Question

Use the properties of geometric series to find the sum of the given series. For what value of the variable does the series converge to this sum? 1+z/6+z^2/36+z^3/216+⋯ Enclose numerators, and denominators in parentheses. For example, (a−b)/(1+n).
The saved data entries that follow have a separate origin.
// A verse of a list, with the numbers behind it.
fn anchor_turn(
    book: &Book<'_, '_>,
    span: Span,
    c: Cursor,
    behind: Behind,
    desk: &mut Desk,
    out: &mut [u8],
) -> Going
    ensures by_index { (node : ℕ → Bool → List Event) (follows trim : Bool) → emit_all (desk_of (contents book.now.tape).source desk.new out.new) (inline_all node (contents book.now.tape) follows result.trim (nodes_in (contents book.now.tape) span result.next)) ≡ emit_all (desk_of (contents book.now.tape).source desk.old out.old) (plain_from node (contents book.now.tape) follows trim c.at (nodes_in (contents book.now.tape) span (next_sibling (contents book.now.tape) c.at)) Anchor) }
    ensures kept_at { KeptAt (contents book.now.tape) result.next result.kept }
    ensures next_bound { left (contents book.now.tape) result.next < left (contents book.now.tape) (Some c) }
    ensures next_value { result.next ≡ next_by (contents book.now.tape) span c.at Anchor }
    ensures trim_value { result.trim ≡ true }
    ensures kept_value { result.kept ≡ result.next }
    ensures behind_value { result.behind ≡ behind }
{
    let f = fold_in(
        book,
        span,
        Kind::new(Kind::VERSE),
        c.next_sibling(&book.tape),
    );
    put_chapters::verse(&book.tape, c, f.alt, f.published, desk, out);
    Going {
        trim: true,
        behind,
        kept: f.rest,
        next: f.rest,
    }
}

// A child that writes nothing.
#[tactic(auto, using(crate::proofs::Laws::passed_kept))]
fn passed_turn(
    tape: &TapeFile<'_>,
    c: Cursor,
    trim: bool,
    behind: Behind,
    kept: Option<Cursor>,
) -> Going
    ensures trim_value { result.trim ≡ trim }
    ensures behind_value { result.behind ≡ behind }
    ensures kept_at { Kept (contents tape.now) c kept → KeptAt (contents tape.now) result.next result.kept }
    ensures next_value { result.next ≡ next_sibling (contents tape.now) c.at }
    ensures kept_value { result.kept ≡ kept_past kept c.at result.next }
{
    let next = c.next_sibling(tape);
    Going {
        trim,
        behind,
        kept: past(kept, c, next),
        next,
    }
}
The sum of the given series is:

Answer 1

`|z| < 6` for
`f(z) =(6)/(6 - z)`

Explanation:

Given

`1+(z)/(6)+(z^2)/(36)+(z^3)/(216)+.....`

Required

The value at which the series converges

Calculate r

`r = (z)/(6)/1`

`r = (z)/(6)`

For a series to converge:

`|r| < 1`

This gives:

`|(z)/(6)| < 1`

`(1)/(6)|z| < 1`

Multiply both sides by 6

`6 * (1)/(6)|z| < 1 * 6`

`|z| < 6`

This is calculated using the sum to infinity of a gp.

`S = (a)/(1- r)`

Where
`a=1`

So:

`S = (1)/(1 - (z)/(6))`

Take LCM

`S = (1)/((6 - z)/(6))`

Rewrite as:

`S = 1 * {(6)/(6 - z)}`

`S =(6)/(6 - z)`

So, the function converges at:

`|z| < 6` for
`f(z) =(6)/(6 - z)`